Supreme Court lets Trump freeze $800M but hints his ambitious racist crusade may be on thin ice

When Donald Trump started his second term in office, he began with a flurry of executive orders that targeted DEI initiatives. Among them were more than 1,700 grants by the National Institute of Health that touched on race and gender. After a long, drawn-out battle at the Supreme Court, Trump was allowed to maintain his halt in grant funding, but the court also signaled that this ruling was not something Trump should become accustomed to.

CNN has described the Supreme Court as “heavily fractured.” Despite the heavy conservative bent of the judges on the bench, the Trump administration only secured a favorable ruling by a slim 5-4 margin, which was surprising considering Trump has been receiving major rulings in his favor lately. When Trump signed the executive order cutting almost $800 million in funding, his administration claimed that the contracts promote “immoral race-based preferences” and “sex-based preferences” under the guise of DEI efforts.

Democratic officials in 16 different states challenged Trump’s executive order in courts with the argument that, while the case is still being deliberated, scientists engaged in serious research would be disrupted. The officials wanted the flow of funding to continue as the case was being heard. The result, however, means that researchers will not get access to the funds. Still, the officials can bring the case before different federal courts.

That’s not to say everyone received this ruling with optimism. The highly criticized Supreme Court justice in conservative corners, Justice Ketanji Brown Jackson, had some harsh words for the court. Jackson wrote, “This is Calvinball jurisprudence with a twist. Calvinball has only one rule: there are no fixed rules. We seem to have two: that one, and this administration always wins.”

Both attorneys pointed to specific grants to showcase why the funding needed to continue or be discontinued. The Trump administration highlighted a study titled Buddhism and HIV Stigma in Thailand, while public health groups pointed to another study that seemed closer to home, Alzheimer’s Disease and Related Dementia Neuropathologies and Exposures to Traffic Pollution Mixtures. Much like the crackdown that was led by DOGE not too long ago, the argument here seems to stem from the Trump administration throwing the proverbial baby out with the bathwater.

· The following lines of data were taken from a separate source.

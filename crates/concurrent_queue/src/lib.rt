//! Closable first-in-first-out queues with and without a bound, as `concurrent-queue` 2.5.0 has them.
//!
//! [`ConcurrentQueue`] is shared by threads. Each of its calls makes the atomic steps of a [`QueueCall`]; what a step does to the queue is
//! proved whatever other calls are under way. [`run_queue_steps`] runs any interleaving of such steps over the cells of one owner.
//! [`Exclusive`] is a queue of one owner, a deque, whose contracts state every reply and every content exactly.
//!
//! # Extensions
//!
//! The Rust crate has [`ConcurrentQueue`], [`TryIter`], and the errors. Extensions are [`Exclusive`]; calls by steps ([`QueueCall`],
//! [`run_queue_steps`], [`cells`], [`run`]); traces ([`seen`]), witnesses ([`Witnessed`], [`history`]) and [`laws`]; and the answer for
//! want of memory. Each module with items of both kinds says which are which.
#![tactic(auto)]

mod bounded;
pub mod call;
pub mod cells;
pub mod error;
pub mod exclusive;
pub mod history;
pub mod laws;
pub mod plain;
mod pool;
pub mod queue_call;
pub mod run;
pub mod seen;
pub mod shared;
mod single;
mod unbounded;

pub use call::{QueueAsk, QueueEntry, QueueMark, QueueReply};
pub use cells::QueueForm;
pub use error::{ForcePushError, NoMemory, PopError, PushError};
pub use exclusive::{Exclusive, ExclusiveIter};
pub use queue_call::QueueCall;
pub use run::{QueueRefusal, QueueRun, QueueStep, Stopped, run_queue_steps};
pub use shared::iter::TryIter;
pub use shared::queue::ConcurrentQueue;
pub use shared::witnessed::Witnessed;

The Trump administration argued in court that the federal government is spending money on “discretionary grants” that have no way of being recouped. This administration has been very stern about finding ways to reduce government expenditure and “waste” in light of the rising deficit and lowered credit rating. But economic experts have pointed out that this approach is not necessarily working — instead pointing at fixing the tariff situation and increasing taxes on billionaires. Trump’s megabill, however, was his administration doing the exact opposite.

In this particular case of whether the funding gets paused or continues during the trial, the court heavily relied on whether the plaintiffs would repay the government grant money were Trump’s administration to ultimately win the main lawsuit. 

As the case now moves to the lower courts, U.S. District Judge William Young is already chipping away at Trump’s victory over the grants. Young, who has served on the bench since the Ronald Reagan administration, said in his assessment of the case that he has “never seen government racial discrimination like this.”